I did not intend it to become a practice.
It started as exercise, as the body’s request for movement after the first months of retirement when the built-in movement of a teaching life was gone and the body noticed. I went out because the body said to go out and I walked because walking is the movement that requires the least amount of deciding and I came back because I had to and the next morning I went out again and then the next and then the next until the going-out was the thing I did before anything else could ask for my attention, the first act of the day that belonged entirely to no one but me.
I know this route in all its weathers now.
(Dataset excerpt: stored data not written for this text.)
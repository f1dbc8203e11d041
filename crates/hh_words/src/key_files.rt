//! The options that name a file with a key, instead of the key itself.

ghost use Rattle.std.specs.Prelude.{◌≡◌, ◌==◌, ◌++◌, ◌∷◌, [], IfOk, None, OnOk, map, option_map, string_bytes, true};
ghost use Rattle.std.specs.List.{before_first};
ghost use Rattle.hh_words.specs.KeyFiles.{behind, file_with_key, first_line, key_option, key_written, names_file, path_at, path_named, text_or_nothing, with_key, word_with, words_with};
ghost use Rattle.hh_words.specs.PlainWords.{has_no_option};
ghost use Rattle.hh_words.specs.steps.KeyTexts.{texts_of};

use crate::options::{push_all, push_word};
use hh_word_values::read_path;
use std::alloc::{AllocError, Global};

/// The option by which a command is given a key.
#[derive(Clone, Copy)]
struct KeyOption {
    /// The text before the key.
    key: &'static str,
    /// The option that names a file with the key.
    file: &'static str,
    /// The text before the file's path.
    path: &'static str,
}

/// The key that is shown.
const SHOWN_KEY: KeyOption = KeyOption {
    key: "--key=",
    file: "--key-file",
    path: "--key-file=",
};

/// The key of the operator of a new office.
const OPERATOR_KEY: KeyOption = KeyOption {
    key: "--operator-key=",
    file: "--operator-key-file",
    path: "--operator-key-file=",
};

/// The path of the first file with a key that a line of words names. The line begins with the program's own
/// name. `load`, `run` and `report` name such a file by `--key-file`, and `init` and `script` by
/// `--operator-key-file`. From a word `--` on, no word names one.
pub fn file_with_key(words: &[String]) -> Option<&str>
    ensures path { option_map (λ path. path.now) result
        ≡ file_with_key (map string_bytes words.now) }
    ensures plain { has_no_option (map string_bytes words.now) ≡ true → result ≡ None }
{
    let (_, rest) = words.split_first()?;
    let (command, rest) = rest.split_first()?;
    path_named(key_option(command.as_str())?, rest)
}

/// The words, with `--key=KEY` or `--operator-key=KEY` in the place of each word that names a file with a
/// key.
pub fn with_key(alloc: Global, words: &[String], key: &str) -> Result<Vec<String>, AllocError>
    ensures { IfOk result (λ keyed.
        map string_bytes keyed.items ≡ with_key key.now (map string_bytes words.now)) }
{
    let mut keyed = Vec::new(alloc);
    let Some((name, behind)) = words.split_first() else {
        return Ok(keyed);
    };
    push_word(alloc, &mut keyed, name.as_str())?;
    let Some((command, rest)) = behind.split_first() else {
        return Ok(keyed);
    };
    push_word(alloc, &mut keyed, command.as_str())?;
    match key_option(command.as_str()) {
        Some(option) => push_with(alloc, &mut keyed, rest, option, key)?,
        None => push_all(alloc, &mut keyed, rest)?,
    }
    Ok(keyed)
}

/// The key in a file: its first line, without the LF or CRLF after it. It is empty if that is not text
/// (UTF-8).
pub fn key_in_file(bytes: &[u8]) -> &str
    ensures { result.now ≡ key_written bytes.now }
{
    text_or_nothing(first_line(bytes))
}

/// The text of these bytes, or an empty text if they are not text (UTF-8).
fn text_or_nothing(bytes: &[u8]) -> &str
    ensures { result.now ≡ text_or_nothing bytes.now }
{
    match read_path(bytes) {
        Some(text) => text,
        None => "",
    }
}

/// The first line of a text.
fn first_line(bytes: &[u8]) -> &[u8]
    ensures { result.now ≡ first_line bytes.now }
{
    let line = before_line_feed(bytes);
    match line.strip_suffix(b"\r") {
        Some(line) => line,
        None => line,
    }
}

/// The bytes before the first line feed, or all if there is none.
fn before_line_feed(bytes: &[u8]) -> &[u8]
    ensures { result.now ≡ before_first (λ b. b == 10) bytes.now }
{
    let end = bytes.iter().take_while(|byte| **byte != b'\n').count();
    &bytes[..end]
}

/// The option by which a command is given a key.
fn key_option(command: &str) -> Option<KeyOption>
    ensures { option_map texts_of result ≡ key_option command.now }
{
    match command {
        "load" | "run" | "report" => Some(SHOWN_KEY),
        "init" | "script" => Some(OPERATOR_KEY),
        _ => None,
    }
}

/// The path of the first file that words name, before a word `--`.
fn path_named(option: KeyOption, words: &[String]) -> Option<&str>
    ensures { option_map (λ path. path.now) result
        ≡ path_named (texts_of option) (map string_bytes words.now) }
{
    let mut rest = words;
    while let Some((word, words_behind)) = rest.split_first() {
        if word.as_str() == "--" {
            return None;
        }
        if let Some(path) = path_at(option, word.as_str(), words_behind) {
            return Some(path);
        }
        rest = words_behind;
    }
    None
}

/// The path that a word names, by itself or together with the word after it.
fn path_at<'a>(option: KeyOption, word: &'a str, words: &'a [String]) -> Option<&'a str>
    ensures { option_map (λ path. path.now) result
        ≡ path_at (texts_of option) word.entry.now (map string_bytes words.entry.now) }
{
    match words.first() {
        Some(next) if names_file(option, word, next.as_str()) => Some(next.as_str()),
        _ => behind(option.path, word),
    }
}

/// Whether two words name a file.
fn names_file(option: KeyOption, word: &str, next: &str) -> bool
    ensures { result ≡ names_file (texts_of option) word.now next.now }
{
    word == option.file && (next == "-" || !next.starts_with("-"))
}

/// The rest of a word after a text, if it begins with that.
#[tactic(auto, using(crate::proofs::KeyFacts::behind_stripped))]
fn behind<'a>(front: &str, word: &'a str) -> Option<&'a str>
    ensures { option_map (λ text. text.now) result ≡ behind front.now word.entry.now }
{
    word.strip_prefix(front)
}

/// Adds words, with the key in the place of each file that they name.
fn push_with(
    alloc: Global,
    keyed: &mut Vec<String>,
    words: &[String],
    option: KeyOption,
    key: &str,
) -> Result<(), AllocError>
    ensures { OnOk result (map string_bytes keyed.new.items ≡ map string_bytes keyed.old.items
        ++ words_with (texts_of option) key.now (map string_bytes words.now)) }
{
    let mut rest = words;
    while let Some((word, after)) = rest.split_first() {
        let Some((next, after_next)) = after.split_first() else {
            return push_word_with(alloc, keyed, word.as_str(), option, key);
        };
        if word.as_str() == "--" {
            return push_all(alloc, keyed, rest);
        }
        if names_file(option, word.as_str(), next.as_str()) {
            push_key(alloc, keyed, option, key)?;
            rest = after_next;
        } else {
            push_word_with(alloc, keyed, word.as_str(), option, key)?;
            rest = after;
        }
    }
    Ok(())
}

/// Adds a word, or the key if the word names a file by itself.
fn push_word_with(
    alloc: Global,
    keyed: &mut Vec<String>,
    word: &str,
    option: KeyOption,
    key: &str,
) -> Result<(), AllocError>
    ensures { OnOk result (map string_bytes keyed.new.items ≡ map string_bytes keyed.old.items
        ++ word_with (texts_of option) key.now word.now ∷ []) }
{
    if behind(option.path, word).is_some() {
        push_key(alloc, keyed, option, key)
    } else {
        push_word(alloc, keyed, word)
    }
}

/// Adds a key after its option.
fn push_key(
    alloc: Global,
    keyed: &mut Vec<String>,
    option: KeyOption,
    key: &str,
) -> Result<(), AllocError>
    ensures { OnOk result (map string_bytes keyed.new.items ≡ map string_bytes keyed.old.items
        ++ (option.key.now ++ key.now) ∷ []) }
{
    let mut word = String::from_str(alloc, option.key)?;
    word.push_str(key)?;
    keyed.push(word)?;
    Ok(())
}
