//! The grammar of the command line, as `clap` reads it, and the texts of its help.

ghost use Rattle.std.specs.Prelude.{◌≡◌, IfOk, false, map};
ghost use Rattle.clap.specs.Words.{app_of, rule_of};
ghost use Rattle.clap.specs.declared.builder.command.Command.TheViews.{out-Command};
ghost use Rattle.hh_words.specs.Grammar.{program, settle_app};
ghost use Rattle.hh_words.specs.steps.Subcommands.{subcommand_app, word_rule};

use crate::values::Value;
use clap::{Arg, ArgAction, Command as Grammar};
use std::alloc::{AllocError, Global};

/// How a value is given.
#[derive(Clone, Copy)]
pub(crate) enum Form {
    /// At its place.
    Placed,
    /// At its place, and may be left out.
    PlacedIfAny,
    /// After its name.
    Named,
    /// After its name, and may be left out.
    NamedIfAny,
}

/// A word of a command: how its value is given, its name, what it is, and the grammar of its value.
#[derive(Clone, Copy)]
pub(crate) struct Word<'a> {
    pub(crate) form: Form,
    pub(crate) name: &'a str,
    /// One line that is told in help, and about a value that is off its grammar.
    pub(crate) help: &'a str,
    pub(crate) value: Value,
}

/// A subcommand: its name, what it does, its words, and what help tells about the options that are removed
/// before `clap` reads the words.
#[derive(Clone, Copy)]
pub(crate) struct Subcommand<'a> {
    pub(crate) name: &'a str,
    pub(crate) about: &'a str,
    pub(crate) words: &'a [Word<'a>],
    pub(crate) options: &'a str,
}

const DB: Word<'static> = Word {
    form: Form::Named,
    name: "db",
    help: "Path of the database file",
    value: Value::Any,
};

const OPERATOR_KEY: Word<'static> = Word {
    form: Form::Named,
    name: "operator-key",
    help: "Key of the operator: op- and 8 to 61 letters or digits",
    value: Value::OperatorKey,
};

const LEAD_MINUTES: Word<'static> = Word {
    form: Form::NamedIfAny,
    name: "lead-minutes",
    help: "Minutes from deadline to period, 0 to 1440; 60 if none given",
    value: Value::LeadMinutes,
};

const KEY: Word<'static> = Word {
    form: Form::Named,
    name: "key",
    help: "Key that is shown: the operator's, or a party's of 8 to 64 letters or digits",
    value: Value::ShownKey,
};

const AT: Word<'static> = Word {
    form: Form::NamedIfAny,
    name: "at",
    help: "Moment, whole seconds since 1970-01-01T00:00:00Z (--at=-N); else the clock's",
    value: Value::Moment,
};

const RUN_KIND: Word<'static> = Word {
    form: Form::Placed,
    name: "KIND",
    help: "Kind of the run: SF, R1, R2, R3, RF or DF",
    value: Value::RunKind,
};

/// What help tells about the options of each command.
const OPTIONS: &str = "\
More options:
      --explain  Explains a refusal or a fault on one line more";

/// What help tells about the options of the commands that are shown a key.
const KEY_OPTIONS: &str = "\
More options:
      --key-file <PATH>  File of which the first line is the key, in the place of --key
      --explain          Explains a refusal or a fault on one line more";

const PERIOD: Subcommand<'static> = Subcommand {
    name: "period",
    about: "Settles one period from two files and a price",
    words: &[
        Word {
            form: Form::Placed,
            name: "METER",
            help: "File of the units' meter rows",
            value: Value::Any,
        },
        Word {
            form: Form::Placed,
            name: "CONTRACTS",
            help: "File of the contract rows",
            value: Value::Any,
        },
        Word {
            form: Form::Placed,
            name: "PRICE",
            help: "Price in pounds per MWh; a negative one follows the word --",
            value: Value::Any,
        },
    ],
    options: OPTIONS,
};

const SCRIPT: Subcommand<'static> = Subcommand {
    name: "script",
    about: "Runs the lines of a script over a new office in memory, or over that of a database file",
    words: &[
        Word {
            form: Form::NamedIfAny,
            help: "Path of a database file; without it --operator-key is needed",
            ..DB
        },
        Word {
            form: Form::NamedIfAny,
            ..OPERATOR_KEY
        },
        LEAD_MINUTES,
        Word {
            form: Form::Placed,
            name: "FILE",
            help: "File of the script, one command a line",
            value: Value::Any,
        },
    ],
    options: "\
More options:
      --operator-key-file <PATH>  File with the key as its first line, for --operator-key
      --strict                    Stops at the first refusal or fault, with status 1
      --explain                   Explains refusals, faults and late rows on one line more each",
};

const INIT: Subcommand<'static> = Subcommand {
    name: "init",
    about: "Makes a database file with a new office in it",
    words: &[DB, OPERATOR_KEY, LEAD_MINUTES],
    options: "\
More options:
      --operator-key-file <PATH>  File with the key as its first line, for --operator-key
      --explain                   Explains a refusal or a fault on one line more",
};

const MIGRATE: Subcommand<'static> = Subcommand {
    name: "migrate",
    about: "Takes the office of a database file from an earlier version to the present one",
    words: &[DB],
    options: OPTIONS,
};

const LOAD: Subcommand<'static> = Subcommand {
    name: "load",
    about: "Loads a file of rows into the office of a database file",
    words: &[
        DB,
        KEY,
        AT,
        Word {
            form: Form::Placed,
            name: "KIND",
            help: "What the rows are: parties, units, meters, prices, contracts or reallocations",
            value: Value::FileKind,
        },
        Word {
            form: Form::Placed,
            name: "FILE",
            help: "File of the rows; its name behind the last / has 1 to 64 letters, digits, . _ -",
            value: Value::NamedPath,
        },
    ],
    options: KEY_OPTIONS,
};

const RUN: Subcommand<'static> = Subcommand {
    name: "run",
    about: "Makes a settlement run over the office of a database file",
    words: &[
        DB,
        KEY,
        AT,
        Word {
            form: Form::Placed,
            name: "DATE",
            help: "Date of the calendar that the run settles, 2001-01-01 to 2099-12-31",
            value: Value::Date,
        },
        RUN_KIND,
    ],
    options: KEY_OPTIONS,
};

const REPORT: Subcommand<'static> = Subcommand {
    name: "report",
    about: "Writes a report of the office of a database file",
    words: &[
        DB,
        KEY,
        Word {
            form: Form::Placed,
            name: "FORM",
            help: "Form of the report: day or csv of a run, or balances",
            value: Value::ReportForm,
        },
        Word {
            form: Form::PlacedIfAny,
            name: "DATE",
            help: "Date of the run, 2001-01-01 to 2099-12-31; none for balances",
            value: Value::Date,
        },
        Word {
            form: Form::PlacedIfAny,
            help: "Kind of the run: SF, R1, R2, R3, RF or DF; none for balances",
            ..RUN_KIND
        },
    ],
    options: KEY_OPTIONS,
};

const SERVE: Subcommand<'static> = Subcommand {
    name: "serve",
    about: "Serves connections to 127.0.0.1 over the office of a database file, one after the other",
    words: &[
        DB,
        Word {
            form: Form::Named,
            name: "port",
            help: "Port, 0 to 65535; with 0 the machine chooses a free one",
            value: Value::Port,
        },
        Word {
            form: Form::NamedIfAny,
            name: "count",
            help: "How many connections are served, 0 to 1000000; 1000000 where none is given",
            value: Value::Count,
        },
        AT,
    ],
    options: OPTIONS,
};

/// The subcommands of the program.
pub(crate) const SUBCOMMANDS: [Subcommand<'static>; 8] = [
    PERIOD, SCRIPT, INIT, MIGRATE, LOAD, RUN, REPORT, SERVE,
];

/// What help tells about the options of the program.
const PROGRAM_OPTIONS: &str = "\
More options:
      --version  Prints the version
      --explain  With any command: explains a refusal or a fault on one line more";

/// The grammar of the program, which needs a subcommand.
#[tactic(auto, unfolding(crate::specs::Grammar::settle_app))]
pub(crate) fn settle_grammar<'a>(alloc: Global) -> Result<Grammar<'a>, AllocError>
    ensures app { IfOk result (λ c. app_of c ≡ settle_app) }
    ensures own { IfOk result (λ c. (out-Command c).has_globals ≡ false) }
{
    program_grammar(alloc, &SUBCOMMANDS)
}

/// The grammar of a program that needs one of these subcommands.
fn program_grammar<'a>(
    alloc: Global,
    subcommands: &[Subcommand<'a>],
) -> Result<Grammar<'a>, AllocError>
    ensures app { IfOk result (λ c. app_of c ≡ program (map subcommand_app subcommands.now)) }
    ensures own { IfOk result (λ c. (out-Command c).has_globals ≡ false) }
{
    let mut settle = Grammar::new(alloc, "settle")
        .about("Settles the imbalances of half-hourly energy accounts")
        .after_help(PROGRAM_OPTIONS)
        .subcommand_required(true);
    for subcommand in subcommands {
        settle = settle.subcommand(subcommand_grammar(alloc, *subcommand)?)?;
    }
    Ok(settle)
}

/// The grammar of a subcommand.
fn subcommand_grammar<'a>(
    alloc: Global,
    subcommand: Subcommand<'a>,
) -> Result<Grammar<'a>, AllocError>
    ensures app { IfOk result (λ c. app_of c ≡ subcommand_app subcommand.entry) }
    ensures own { IfOk result (λ c. (out-Command c).has_globals ≡ false) }
{
    let mut grammar = Grammar::new(alloc, subcommand.name)
        .about(subcommand.about)
        .after_help(subcommand.options);
    for word in subcommand.words {
        grammar = grammar.arg(arg_of(alloc, *word))?;
    }
    Ok(grammar)
}

/// A word as an argument of `clap`.
fn arg_of<'a>(alloc: Global, word: Word<'a>) -> Arg<'a>
    ensures rule { rule_of result ≡ word_rule word.entry }
    ensures own { result.global ≡ false }
{
    let arg = Arg::new(alloc, word.name)
        .action(ArgAction::Set)
        .help(word.help);
    match word.form {
        Form::Placed => arg.required(true),
        Form::PlacedIfAny => arg,
        Form::Named => arg.long(word.name).required(true),
        Form::NamedIfAny => arg.long(word.name),
    }
}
The February version with the ice on the path at the corner by the park and the particular quality of cold that gets into the wrists above the glove line if you do not tuck them properly. The May version when the trees are doing the thing they do in May that they only do in May, the particular green that lasts about ten days before it darkens into the green it will be for the rest of the summer, the ten days I try not to miss. The October version I already wrote about. The November version that is the hardest, the low light and the stripped branches and the mornings that feel like the world is practising going dark.
I go out in all of them.
The November version too. Especially the November version, because the November version is the one that most requires the going, that most benefits from being met rather than avoided, that holds the particular medicine of a cold grey morning when you are the only person on the path and the world is quiet and stripped and honest about itself, not performing anything, just being the November it is, and you are in it, just being the person you are, and the two of you are out there together in the honest grey morning and there is something in that, something that November cannot give you if you stay inside, something that requires the meeting.
I come home different than I left every morning.
Not transformed. Not resolved. Just slightly repositioned. The thing that was large when I left is the same size but I am standing somewhere different relative to it, I have walked around it once, I have seen its other sides. The walk does not solve anything. It changes the angle. That turns out to be enough. That turns out, most mornings, to be exactly enough.